A recent exhibit at Agnes Etherington Art Centre at Queen’s University curated by Jason Cyrus, a researcher who analyzes fashion and textile history, examined slavery and North American cotton production.

Agnes Etherington Art Centre: “Black Bodies, White Gold: Unpacking slavery and North American cotton production”

Laundry labour of enslaved women

The skilled labour of enslaved women was a core component of every plantation and an essential colonial urban trade, given the resident population and many thousands of seafarers and sojourners arriving annually in the Caribbean — all wanting clothes refreshed.

Ports throughout the Atlantic were stocked with wash tubs and women labouring over them. Orderly material whiteness was the aim. Mary Prince recorded her thoughts about a demanding mistress in Antigua, who gave the enslaved Prince weekly “two bundles of clothes, as much as a boy could help me lift; but I could give no satisfaction.”

Prince only earned money laundering for ships’ captains during her “owners’” absence. Within port cities, including the Caribbean and imperial centres, this trade allowed some enslaved women mobility and sometimes self-emancipation. But fashioning whiteness was a fraught process, with many historical threads.

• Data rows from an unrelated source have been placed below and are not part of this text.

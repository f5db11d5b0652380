// What is done with the machine of a process in its place: a machine is too big to be moved in each turn.
ghost use Rattle.std.specs.Prelude.{◌≡◌, IsSome, IfSome, IfOk};
ghost use Rattle.std.specs.FinMap.{get};
ghost use Rattle.dt_rv64.specs.Segment.{segment_of};
ghost use Rattle.dt_calls.specs.Settle.{effect_of_turn, machine_to_serve};
ghost use Rattle.dt_calls.specs.InCode.{machines_at_home, shared_of};
ghost use Rattle.dt_calls.specs.AtHome.{RunsAt, HasEffectAt};
ghost use Rattle.dt_calls.specs.Sound.{IsSound, HasEffect, left};

use crate::call::{Effect, serve_and_deliver};
use crate::shared::Shared;
use dt_base::NoMemory;
use dt_host::{Host, HostErr};
use dt_rv64::{Hints, Machine, Seg, Stop, segment};
use dt_tables::Numbered;
use std::alloc::Global;

/// Runs a segment of the machine of a process, which is at home.
pub(crate) fn run_at(
    places: &mut Numbered<Option<Machine>>,
    vpid: u32,
    hints: &mut Hints,
) -> Result<Seg, NoMemory>
    requires { IsSome (get (machines_at_home places.old) vpid) }
    ensures { IfOk result (RunsAt places.old places.new vpid) }
{
    match places.get_mut(u64::from(vpid)) {
        Some(place) => run_in(place, hints),
        None => unreachable!(),
    }
}

/// Serves the stop of a process, whose machine is at home.
pub(crate) fn serve_at<H: Host>(
    alloc: Global,
    host: &mut H,
    shared: &mut Shared,
    places: &mut Numbered<Option<Machine>>,
    vpid: u32,
    stop: Stop,
) -> Result<Effect, HostErr>
    requires sound { IsSound shared.old (H.view host.old) }
    requires lives { IsSome (get shared.old.tasks vpid) }
    requires home { IsSome (get (machines_at_home places.old) vpid) }
    ensures { HasEffectAt
        (λ m. effect_of_turn (shared_of shared.old (H.view host.old)) shared.old.pids.next vpid m stop)
        shared.old shared.new (H.view host.new)
        places.old places.new vpid result (H.count host.old) (H.count host.new) }
{
    match places.get_mut(u64::from(vpid)) {
        Some(place) => serve_in(alloc, host, shared, vpid, place, stop),
        None => unreachable!(),
    }
}

// Runs a segment of the machine in a place.
fn run_in(place: &mut Option<Machine>, hints: &mut Hints) -> Result<Seg, NoMemory>
    requires { IsSome place.old }
    ensures stays { IsSome place.new }
    ensures run { IfOk result (λ seg. IfSome place.old (λ was. IfSome place.new (λ now.
        segment_of was ≡ record { count = seg.count; stop = seg.stop; machine = now }))) }
{
    match place {
        Some(machine) => segment(machine, hints),
        None => unreachable!(),
    }
}

// Serves the stop of a process, whose machine is in this place.
fn serve_in<H: Host>(
    alloc: Global,
    host: &mut H,
    shared: &mut Shared,
    vpid: u32,
    place: &mut Option<Machine>,
    stop: Stop,
) -> Result<Effect, HostErr>
    requires sound { IsSound shared.old (H.view host.old) }
    requires lives { IsSome (get shared.old.tasks vpid) }
    requires some { IsSome place.old }
    ensures stays { IsSome place.new }
    ensures served { IfSome place.old (λ was. IfSome place.new (λ now. HasEffect vpid
        (effect_of_turn (shared_of shared.old (H.view host.old)) shared.old.pids.next vpid was stop)
        shared.old (left shared.new (H.view host.new) now) result
        (H.count host.old) (H.count host.new))) }
{
    match place {
        Some(machine) => {
            drop_reserved(machine, stop);
            serve_and_deliver(alloc, host, shared, vpid, machine, stop)
        }
        None => unreachable!(),
    }
}

// Drops what a load reserved, unless the stop is a slice's end.
fn drop_reserved(machine: &mut Machine, stop: Stop)
    ensures { machine.new ≡ machine_to_serve stop machine.old }
{
    match stop {
        Stop::Slice => {}
        Stop::Call | Stop::Counter(_) | Stop::Fault(_) => machine.unreserve(),
    }
}
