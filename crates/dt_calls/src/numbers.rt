//! The first process's file mode mask, and sizes of the structures that calls on processes write.

/// The permission bits that the first process's new nodes are not given (umask(2)).
pub const FIRST_UMASK: u32 = 0o022;

/// The bytes of a `struct rusage` (getrusage(2)).
pub const RUSAGE_SIZE: usize = 144;

/// The bytes of each field of a `struct utsname` (uname(2)).
pub const UTSNAME_FIELD: usize = 65;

Colour scrubbed from recovered statues

From the 1750s, European fashion and artistic style was increasingly inspired by perceptions of the classical past. Countless portraits were painted of wealthy people as Greek gods, the classical past becoming, as cultural theorist Stuart Hall observed, a “myth reservoir.” These became sources for imagining Europe’s origins and destiny.

European scholars and the educated public viewed this cultural lineage as white. Remnants of polychrome colouring was scrubbed from recovered Greek sculptures.

This supposed heritage of a white classical past defined what became known as neoclassical styles further expanding the craze for light, white gowns, a political fashion needing endless care.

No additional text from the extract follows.